From Claire Kelloway <[email protected]>
Subject Food & Power - Food and Environmental Justice Groups Petition EPA to Regulate Dairy and Hog Methane
Date April 15, 2021 7:37 PM
  Links have been removed from this email. Learn more in the FAQ.
  Links have been removed from this email. Learn more in the FAQ.
Did someone forward you this newsletter?

Get your own copy by subscribing here [[link removed]], and to share this story click here. [[link removed]]

Photo courtesy of iStock by Getty Images

Food and Environmental Justice Groups Petition EPA to Regulate Dairy and Hog Methane

Two dozen environmental and rural advocacy groups representing over 2.4 million members recently petitioned [[link removed]] the U.S. Environmental Protection Agency (EPA) to regulate confined dairy and hog operations under the Clean Air Act.

Over the past 30 years, American dairy and hog production has dramatically consolidated onto fewer, large-scale industrial farms. These operations and their concentrated manure lagoons contribute to global climate change, among many environmental hazards, but face few meaningful environmental regulations.
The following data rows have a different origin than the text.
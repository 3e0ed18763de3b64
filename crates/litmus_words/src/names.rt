//! What a name and a number are.

ghost use Rattle.std.specs.Prelude.{◌≡◌, ◌∷◌, ◌<◌, ◌^◌, ℕ, true, length, slice_index, IfNone, IfSome};
ghost use Rattle.std.specs.Fmt.{decimal};
ghost use Rattle.litmus_tests.specs.declared.number_type.NumberType.{NumberType as AnyType};
ghost use Rattle.litmus_words.specs.declared.word.Mark.{Mark as AnyMark};
ghost use Rattle.litmus_words.specs.Words.{
  is_of_name,
  IsKeywordNamed,
  IsNameToken,
  IsRegisterNamed,
  IsSignNamed,
  IsTypeNamed,
};

use crate::mnemonic::mnemonic_named;
use crate::word::{Mark, Token};
use litmus_tests::{NumberType, Width};
use numbers::Reg;
use rv_text::register_named;
use std::str;
use text_fields::read_decimal;

/// Whether a name or a number goes on with this byte.
pub fn is_of_name(byte: u8) -> bool
    ensures { result ≡ is_of_name byte }
{
    byte.is_ascii_alphanumeric() || byte == b'_' || byte == b'.'
}

/// What a name is: a register, a keyword, a type, an instruction, a hart, or a name of which no more is known.
pub fn name_token(name: &[u8]) -> Token
    requires { (i : ℕ) → i < length name.now → is_of_name (slice_index name.now i) ≡ true }
    ensures { IsNameToken name.now result }
{
    if let Some(register) = register_of(name) {
        return Token::Register(register);
    }
    match str::from_utf8(name) {
        Ok(name) => text_token(name),
        Err(_) => Token::Name,
    }
}

/// What a name is that is no register.
fn text_token(name: &str) -> Token
    requires { (register : ℕ) → IsRegisterNamed name.now register → ⊥ }
    ensures { IsNameToken name.now result }
{
    if let Some(mark) = keyword_named(name) {
        return Token::Mark(mark);
    }
    if let Some(number_type) = type_named(name) {
        return Token::Type(number_type);
    }
    if let Some(mnemonic) = mnemonic_named(name) {
        return Token::Mnemonic(mnemonic);
    }
    match hart_named(name.as_bytes()) {
        Some(hart) => Token::Hart(hart),
        None => Token::Name,
    }
}

/// The register of this name, x0 to x31.
fn register_of(name: &[u8]) -> Option<Reg>
    ensures found { IfSome result (IsRegisterNamed name.now) }
    ensures none { IfNone result ((register : ℕ) → IsRegisterNamed name.now register → ⊥) }
{
    if name == b"x0".as_slice() || name == b"zero".as_slice() {
        return Some(0);
    }
    if name == b"fp".as_slice() {
        return Some(8);
    }
    register_named(name)
}

/// The sign that these bytes are.
pub fn sign_of(bytes: &[u8]) -> Option<Mark>
    ensures found { IfSome result (IsSignNamed bytes.now) }
    ensures none { IfNone result ((mark : AnyMark) → IsSignNamed bytes.now mark → ⊥) }
{
    match str::from_utf8(bytes) {
        Ok(name) => sign_named(name),
        Err(_) => None,
    }
}

/// The marks that aren't names.
fn sign_named(name: &str) -> Option<Mark>
    ensures found { IfSome result (IsSignNamed name.now) }
    ensures none { IfNone result ((mark : AnyMark) → IsSignNamed name.now mark → ⊥) }
{
    Some(match name {
        "," => Mark::Comma,
        ":" => Mark::Colon,
        ";" => Mark::Semicolon,
        "|" => Mark::Bar,
        "=" => Mark::Equals,
        "-" => Mark::Minus,
        "+" => Mark::Plus,
        "*" => Mark::Star,
        "(" => Mark::LeftParenthesis,
        ")" => Mark::RightParenthesis,
        "[" => Mark::LeftBracket,
        "]" => Mark::RightBracket,
        "{" => Mark::LeftBrace,
        "}" => Mark::RightBrace,
        "~" => Mark::Not,
        "/\\" => Mark::And,
        "\\/" => Mark::Or,
        "=>" => Mark::Implies,
        "<=>" => Mark::Equivalent,
        "!=" => Mark::Differs,
        _ => return None,
    })
}

/// The names that are read as marks.
fn keyword_named(name: &str) -> Option<Mark>
    ensures found { IfSome result (IsKeywordNamed name.now) }
    ensures none { IfNone result ((mark : AnyMark) → IsKeywordNamed name.now mark → ⊥) }
{
    Some(match name {
        "not" => Mark::Not,
        "true" => Mark::True,
        "exists" => Mark::Exists,
        "forall" => Mark::ForAll,
        "locations" => Mark::Locations,
        "filter" => Mark::Filter,
        _ => return None,
    })
}

/// The type of this name.
fn type_named(name: &str) -> Option<NumberType>
    ensures found { IfSome result (IsTypeNamed name.now) }
    ensures none { IfNone result ((number_type : AnyType) → IsTypeNamed name.now number_type → ⊥) }
{
    Some(match name {
        "int8_t" => NumberType {
            width: Width::Byte,
            is_signed: true,
        },
        "uint8_t" | "char" => NumberType {
            width: Width::Byte,
            is_signed: false,
        },
        "int16_t" | "short" => NumberType {
            width: Width::Half,
            is_signed: true,
        },
        "uint16_t" => NumberType {
            width: Width::Half,
            is_signed: false,
        },
        "int" | "int32_t" => NumberType {
            width: Width::Word,
            is_signed: true,
        },
        "unsigned" | "uint32_t" => NumberType {
            width: Width::Word,
            is_signed: false,
        },
        _ => return None,
    })
}

/// `P` and the number of a hart.
fn hart_named(name: &[u8]) -> Option<u32>
    ensures found { IfSome result (λ hart. name.now ≡ 80 ∷ decimal hart) }
    ensures none { IfNone result ((hart : ℕ) → hart < 2 ^ 32 → name.now ≡ 80 ∷ decimal hart → ⊥) }
{
    let Some((letter, digits)) = name.split_first() else {
        return None;
    };
    if *letter != b'P' {
        return None;
    }
    match read_decimal(digits, u32::MAX) {
        Ok(hart) => Some(hart),
        Err(_) => None,
    }
}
The petition asks the EPA to set new limits on hog and dairy methane pollution without preferencing controversial methane capture technologies in any future regulation.
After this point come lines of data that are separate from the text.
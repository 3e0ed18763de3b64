//! A text cut into words. Blanks, line ends and comments stand between them.

ghost use Rattle.std.specs.Prelude.{◌≡◌, ◌+◌, ◌≤◌, ◌<◌, ℕ, true, false, List, length, slice_index, slice_range};
ghost use Rattle.std.specs.Prelude.{All, IfErr, IfNone, IfOk, IfSome};
ghost use Rattle.std.specs.Char.{is_ascii_digit};
ghost use Rattle.litmus_words.specs.declared.word.Mark.{Mark as AnyMark};
ghost use Rattle.litmus_words.specs.declared.word.Word.{Word as AnyWord};
ghost use Rattle.litmus_words.specs.Answered.{Gives, GivesOrMemory};
ghost use Rattle.litmus_words.specs.Comments.{IsRestOf, Opens};
ghost use Rattle.litmus_words.specs.Gaps.{IsGap, IsGapEnd, StandFrom};
ghost use Rattle.litmus_words.specs.Words.{begins_name, GoesOn, IsSignNamed, IsWordAt, IsWordOf};

use crate::names::{is_of_name, name_token, sign_of};
use crate::numeral::number_of_word;
use crate::refused::{Fault, Stop};
use crate::word::{Mark, Token, Word};
use std::alloc::Global;

/// The words from this byte on.
pub fn words_of(text: &[u8], from: usize, alloc: Global) -> Result<Vec<Word>, Stop>
    requires { from ≤ length text.now }
    ensures spelled { IfOk result (λ words. All (IsWordOf text.now) words.items) }
    ensures stand { IfOk result (λ words. StandFrom text.now from words.items) }
    ensures only { (words : List AnyWord) → StandFrom text.now from words
        → GivesOrMemory result (λ found. found.items ≡ words) }
{
    let mut words = Vec::new(alloc);
    let mut at = skip_blanks(text, from)?;
    while at < text.len() {
        let word = word_at(text, at)?;
        words.push(word)?;
        at = skip_blanks(text, word.end)?;
    }
    Ok(words)
}

/// Where the next word begins, or the text ends.
pub fn skip_blanks(text: &[u8], from: usize) -> Result<usize, Stop>
    requires { from ≤ length text.now }
    ensures on { IfOk result (λ at. from ≤ at) }
    ensures inside { IfOk result (λ at. at ≤ length text.now) }
    ensures gap { IfOk result (IsGap text.now from) }
    ensures over { IfOk result (IsGapEnd text.now) }
    ensures only { (to : ℕ) → IsGap text.now from to → IsGapEnd text.now to → Gives result (λ at. at ≡ to) }
{
    let mut at = from;
    while at < text.len() {
        if text[at].is_ascii_whitespace() {
            at += 1;
        } else if opens_at(text, at) {
            at = comment_end(text, at)?;
        } else {
            return Ok(at);
        }
    }
    Ok(at)
}

/// Whether a comment opens there.
fn opens_at(text: &[u8], at: usize) -> bool
    requires { at < length text.now }
    ensures inside { result ≡ true → at + 2 ≤ length text.now }
    ensures opens { result ≡ true → Opens text.now at }
    ensures other { result ≡ false → Opens text.now at → ⊥ }
{
    if text.len() - at < 2 {
        return false;
    }
    if text[at] == b'(' {
        return text[at + 1] == b'*';
    }
    false
}

/// The byte behind the comment that opens there. Comments may stand in it.
fn comment_end(text: &[u8], from: usize) -> Result<usize, Stop>
    requires { from + 2 ≤ length text.now }
    ensures on { IfOk result (λ at. from < at) }
    ensures inside { IfOk result (λ at. at ≤ length text.now) }
    ensures rest { IfOk result (IsRestOf text.now 1 (from + 2)) }
    ensures only { (to : ℕ) → IsRestOf text.now 1 (from + 2) to → Gives result (λ at. at ≡ to) }
{
    let mut depth = 1usize;
    let mut at = from + 2;
    while text.len() - at >= 2 {
        if text[at] == b'(' && text[at + 1] == b'*' {
            depth += 1;
            at += 2;
        } else if text[at] == b'*' && text[at + 1] == b')' {
            at += 2;
            if depth <= 1 {
                return Ok(at);
            }
            depth -= 1;
        } else {
            at += 1;
        }
    }
    Err(Stop::at(from, Fault::EndlessComment))
}

/// The word that begins there.
fn word_at(text: &[u8], at: usize) -> Result<Word, Stop>
    requires inside { at < length text.now }
    requires no_comment { Opens text.now at → ⊥ }
    ensures begins { IfOk result (λ word. word.start ≡ at) }
    ensures start { IfOk result (λ word. at < word.end) }
    ensures inside { IfOk result (λ word. word.end ≤ length text.now) }
    ensures spelled { IfOk result (IsWordOf text.now) }
    ensures refused { IfErr result (λ _. (word : AnyWord) → IsWordAt text.now at word → ⊥) }
{
    let first = text[at];
    if first.is_ascii_alphabetic() {
        return Ok(name_at(text, at));
    }
    if first == b'_' {
        return Ok(name_at(text, at));
    }
    if first.is_ascii_digit() {
        return number_at(text, at);
    }
    match sign_at(text, at) {
        Some((mark, end)) => Ok(Word {
            start: at,
            end,
            token: Token::Mark(mark),
        }),
        None => Err(Stop::at(at, Fault::NotOfSubset)),
    }
}

/// The name that begins there.
fn name_at(text: &[u8], at: usize) -> Word
    requires inside { at < length text.now }
    requires begins { begins_name (slice_index text.now at) ≡ true }
    ensures begins { result.start ≡ at }
    ensures start { at < result.end }
    ensures inside { result.end ≤ length text.now }
    ensures spelled { IsWordOf text.now result }
{
    let end = name_end(text, at + 1);
    Word {
        start: at,
        end,
        token: name_token(&text[at..end]),
    }
}

/// The number that begins there.
fn number_at(text: &[u8], at: usize) -> Result<Word, Stop>
    requires inside { at < length text.now }
    requires begins { is_ascii_digit (slice_index text.now at) ≡ true }
    ensures begins { IfOk result (λ word. word.start ≡ at) }
    ensures start { IfOk result (λ word. at < word.end) }
    ensures inside { IfOk result (λ word. word.end ≤ length text.now) }
    ensures spelled { IfOk result (IsWordOf text.now) }
    ensures refused { IfErr result (λ _. (word : AnyWord) → IsWordAt text.now at word → ⊥) }
{
    let end = name_end(text, at + 1);
    match number_of_word(&text[at..end]) {
        Ok(number) => Ok(Word {
            start: at,
            end,
            token: Token::Number(number),
        }),
        Err(fault) => Err(Stop::at(at, fault)),
    }
}

/// Where a name ends that goes on at this byte.
pub fn name_end(text: &[u8], from: usize) -> usize
    requires { from ≤ length text.now }
    ensures on { from ≤ result }
    ensures inside { result ≤ length text.now }
    ensures whole { GoesOn text.now from result }
{
    let mut at = from;
    while at < text.len() {
        if !is_of_name(text[at]) {
            return at;
        }
        at += 1;
    }
    at
}

/// The longest sign that begins there, and the byte behind it.
fn sign_at(text: &[u8], at: usize) -> Option<(Mark, usize)>
    requires { at < length text.now }
    ensures on { IfSome result (λ p. at < p.1) }
    ensures inside { IfSome result (λ p. p.1 ≤ length text.now) }
    ensures found { IfSome result (λ p. IsSignNamed (slice_range text.now at p.1) p.0) }
    ensures longest { IfSome result (λ p. (mark : AnyMark) → (end : ℕ) → end ≤ length text.now
        → IsSignNamed (slice_range text.now at end) mark → end ≤ p.1) }
    ensures none { IfNone result ((mark : AnyMark) → (end : ℕ) → end ≤ length text.now
        → IsSignNamed (slice_range text.now at end) mark → ⊥) }
{
    if let Some(found) = sign_of_length(text, at, 3) {
        return Some(found);
    }
    if let Some(found) = sign_of_length(text, at, 2) {
        return Some(found);
    }
    sign_of_length(text, at, 1)
}

/// The sign of so many bytes that begins there, and the byte behind it.
fn sign_of_length(text: &[u8], at: usize, count: usize) -> Option<(Mark, usize)>
    requires inside { at < length text.now }
    requires some { (1 ≤ count) × (count ≤ 3) }
    ensures inside { IfSome result (λ p. p.1 ≤ length text.now) }
    ensures end { IfSome result (λ p. p.1 ≡ at + count) }
    ensures found { IfSome result (λ p. IsSignNamed (slice_range text.now at p.1) p.0) }
    ensures none { IfNone result ((mark : AnyMark) → at + count ≤ length text.now
        → IsSignNamed (slice_range text.now at (at + count)) mark → ⊥) }
{
    if text.len() - at < count {
        return None;
    }
    match sign_of(&text[at..at + count]) {
        Some(mark) => Some((mark, at + count)),
        None => None,
    }
}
“[To] avoid the harms of industrial dairy and hog operations, this petition urges the EPA to reject the false solution of burning factory farm gas and instead rely on proven, pasture-based farming with reduced, sustainable herd sizes that will restore rural communities, help stabilize the climate, and provide environmental justice,” the petition [[link removed]] says.

The number of large, industrial dairy and hog operations has grown dramatically since the 1990s as smaller farms go out of business. Between 1987 and 2017 [[link removed]], the sales midpoint for hog farms grew from 1,200 to 51,300 hogs, and the midpoint herd size for a dairy farm grew from 80 to 1,300 cows. During that same time period, more than 70% of hog farms and dairy farms went out of business even as pork and milk production continued to increase.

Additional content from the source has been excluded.